Segment Start: MATERIAL FOR THIS EXERCISE

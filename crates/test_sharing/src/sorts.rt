//! Orders, ranks and sorts by one thread or several, of keys whose ranks are known from how they are made.

use cvl_base::limits::MOST_PLACES;
use cvl_base::{Memory, NoResources};
use sharing::ThreadCount;
use stable_sorts::{order_shared, rank_shared, sort_in_shared, sort_shared};
use std::thread::Threads;

/// A prime that divides none of the lengths, so that its multiples leave each remainder once.
const STEP: u32 = 7_919;

/// What a room holds before.
const BEFORE: i32 = -7;

/// The rank of place k among n keys: the remainder of k steps.
fn rank_at(k: u32, n: u32) -> u32 {
    if n == 0 {
        return 0;
    }
    k.wrapping_mul(STEP) % n
}

/// How far apart n keys are: as far as they fit, and an odd number, so that they differ in each digit.
fn apart(n: u32) -> i32 {
    let most = i32::MAX.cast_unsigned() / (n / 2 + 1);
    most.saturating_sub(1 - most % 2).cast_signed()
}

/// The key of a rank among n.
fn key_of(rank: u32, n: u32) -> i32 {
    let from_middle = rank.wrapping_sub(n / 2).cast_signed();
    from_middle.wrapping_mul(apart(n))
}

/// Whether the ranks of n keys are those that they were made of.
fn are_ranks(ranks: &[i32], n: u32) -> bool {
    ranks
        .iter()
        .zip(0..n)
        .all(|(rank, k)| rank.cast_unsigned() == rank_at(k, n))
}

/// Whether the order of n keys is the inverse of their ranks.
fn is_order(order: &[i32], n: u32) -> bool {
    order
        .iter()
        .zip(0..n)
        .all(|(place, rank)| rank_at(place.cast_unsigned(), n) == rank)
}

/// Whether each of n keys stands at its rank.
fn are_in_order(keys: &[i32], n: u32) -> bool {
    keys.iter()
        .zip(0..n)
        .all(|(key, rank)| *key == key_of(rank, n))
}

/// No memory if what was asked for left the room as it was, and else a wrong answer.
fn refused(room: &[i32]) -> Result<bool, NoResources> {
    if room.iter().all(|number| *number == BEFORE) {
        Err(NoResources)
    } else {
        Ok(false)
    }
}

/// Whether the ranks, the order and the sort of n keys are right, on at most so many threads; false if n is more than a vector
/// may have.
pub fn are_right<R: Threads + Sync, A: Memory>(
    rt: &R,
    heap: A,
    threads: ThreadCount,
    n: u32,
) -> Result<bool, NoResources> {
    let count = n as usize;
    if count > MOST_PLACES {
        return Ok(false);
    }
    let mut keys = vec![in heap; 0; count]?;
    for k in 0..keys.len() {
        keys[k] = key_of(rank_at(k as u32, n), n);
    }
    let mut ranks = vec![in heap; BEFORE; count]?;
    if rank_shared(rt, heap, threads, &keys, &mut ranks).is_err() {
        return refused(&ranks);
    }
    let mut order = vec![in heap; BEFORE; count]?;
    if order_shared(rt, heap, threads, &keys, &mut order).is_err() {
        return refused(&order);
    }
    let mut sorted = vec![in heap; BEFORE; count]?;
    if sort_shared(rt, heap, threads, &keys, &mut sorted).is_err() {
        return refused(&sorted);
    }
    sort_in_shared(rt, heap, threads, &mut keys)?;
    Ok(
        are_ranks(&ranks, n)
            && is_order(&order, n)
            && are_in_order(&sorted, n)
            && are_in_order(&keys, n),
    )
}
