//! Tiles for tests.

ghost use Rattle.std.specs.Prelude.{◌≡◌, ◌≤◌, false, true, length, map};
ghost use Rattle.std.specs.List.{list_all};
ghost use Rattle.cvl_base.specs.ItemWords.{is_number};
ghost use Rattle.cvl_base.specs.Limits.{most_elements};

use crate::counter::Counter;
use boards::Tiles;
use cvl_base::monoids::Add;
use scan_walks::know_numbers;

/// Tiles of one number each, in which no segment starts. A counter counts how often one of them is added up, and may hold the
/// first worker that adds up a tile, inside the board's call that asks for the sum.
#[derive(Drop)]
pub struct CountedTiles<'a> {
    numbers: &'a [i32],
    counter: &'a Counter,
    ghost few: { length numbers.now ≤ most_elements },
    ghost items: { list_all is_number numbers.now ≡ true },
}

impl<'a> CountedTiles<'a> {
    /// Tiles of these numbers, at most 4,194,304.
    pub fn new(numbers: &'a [i32], counter: &'a Counter) -> CountedTiles<'a>
        requires { length numbers.now ≤ most_elements }
        ensures { result.numbers.now ≡ numbers.now }
    {
        know_numbers(numbers);
        CountedTiles { numbers, counter }
    }
}

impl Tiles for CountedTiles<'_> {
    type M = Add;

    ghost sums = { λ tiles. map (λ x. (false, x)) tiles.numbers.now };

    fn count(&self) -> u32 {
        self.numbers.len() as u32
    }

    fn sum(&self, t: u32) -> (bool, i32) {
        self.counter.add();
        (false, self.numbers[t as usize])
    }
}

Segment End: MATERIAL FOR THIS EXERCISE

INSTRUCTIONS TO FOLLOW:
Each line containing the word "refused" needs to be copied from the data above.

RESPONSE BELOW:
fn refused(room: &[i32]) -> Result<bool, NoResources> {
        return refused(&ranks);
        return refused(&order);
        return refused(&sorted);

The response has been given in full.